Case-Study of a high-quality MAG

From our eukaryotic coassembly, we flagged bin havoc.90 from the HAVOC dataset as having good contamination and completeness scores, as measured by BUSCO (v5.1.1, odb_eukaryota_10 gene set), with completeness and contamination of 73% and 0.4% respectively.
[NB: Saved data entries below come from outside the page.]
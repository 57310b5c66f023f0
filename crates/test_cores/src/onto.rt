//! Trees that are made of others than the value's own.
ghost use Rattle.std.specs.Prelude.{◌≡◌, IfOk};
ghost use Rattle.fb_model.specs.History.{basis};
ghost use Rattle.view_model.specs.Stands.{RootStands};
ghost use Rattle.seg_tree.specs.Indexes.{trees_of};

use anyhow::Result;
use fb_merge::{merged, merged_onto};
use fb_view::Snapshot;
use seg_tree::Roots;
use std::alloc::Global;
use std::thread::Threads;

/// The value over trees of its whole history, made of newer ones than its own.
pub(crate) fn over_newer<R: Threads + Sync>(
    rt: &R,
    alloc: Global,
    value: &Snapshot,
) -> Result<Snapshot> {
    let newer = merged(rt, alloc, value, value.roots().next_id())?;
    let first_id = newer.next_id();
    let roots = merged_onto(rt, alloc, &newer, value.basis(), value, first_id)?;
    over(alloc, value, roots)
}

/// The value over trees of its whole history, made of its own ones, where it has newer ones meanwhile.
pub(crate) fn over_older<R: Threads + Sync>(
    rt: &R,
    alloc: Global,
    value: &Snapshot,
) -> Result<Snapshot> {
    let older = value.roots();
    let newer = merged(rt, alloc, value, older.next_id())?;
    let first_id = older.next_id().max(newer.next_id());
    let meanwhile = over(alloc, value, newer)?;
    let roots = merged_onto(rt, alloc, older, value.covered(), &meanwhile, first_id)?;
    over(alloc, value, roots)
}

/// The value's history over these trees of all of it.
fn over(alloc: Global, value: &Snapshot, roots: Roots) -> Result<Snapshot>
    requires { RootStands (trees_of roots) value.now.entries (basis value.now.entries) }
    ensures { IfOk result (λ s. s.entries ≡ value.now.entries) }
{
    let entries = value.entries().share()?;
    let over = Snapshot::opened(alloc, entries, roots, value.basis())?;
    Ok(over)
}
This MAG, Bacilliariophyceae sp. MOSAICH1_1, was annotated using the Phycocosm pipeline; in brief, scaffolds were masked for repeats with RepeatMasker, and genes were called using a combination of Genemark-ES (version 4), GeneWise51 (version 1), and fgenesh52 (fgenesh1_pg), with the best fitting model for each locus picked to form a set of filtered gene models. Genes were functionally annotated for signal peptides, transmembrane domains, and assigned functional descriptions including assignment of PFam, GO, KOG and KEGG terms, and genes were formed into gene clusters using the MCL algorithm53.

This genome had a length of 32.07 Mbp, contained in 2963 scaffolds, with 13169 genes called among the set of filtered gene models. The most closely related isolate genome in Phycocosm was the diatom Pseudo-nitzschia multiseries CLN-47, with an average nucleotide identity of 76% (estimated with fastANI v1.33).

Data Records

All MAGs are available through Figshare54, at NCBI BioProject PRJNA1160706 (Data Citation 2)55, and replicated in the GOLD database56 (https://gold.jgi.doe.gov), Study ID 505419. Annotations of Bacilliariophyceae sp. MOSAICH1_1 are also available through the Phycocosm web portal (https://phycocosm.jgi.doe.gov/Mosaich1_1/Mosaich1_1.home.html), and via Figshare.

Individual read files for samples are stored in the NCBI SRA, with BioSample, BioProject, and SRP accessions listed in Supplementary Table 1, and as citations57,58,59,60,61,62,63,64,65,66,67,68,69,70,71,72,73,74,75,76,77,78,79,80,81,82,83,84,85,86,87,88,89,90,91,92,93,94,95,96,97,98,99,100,101,102,103,104,105,106,107,108,109,110,111,112,113,114,115,116,117,118,119,120,121,122,123,124,125,126,127,128,129.

Technical Validation

Prokaryotic MAG completeness and contamination was estimated using CheckM25, and only those MAGs within the MIMAG standards of 50% completeness and below 10% contamination were retained. Eukaryotic MAG completeness and contamination was estimated using EukCC – those above 30% completion and less than 10% contamination were retained, with those under 50% completion designated as low-quality MAGs.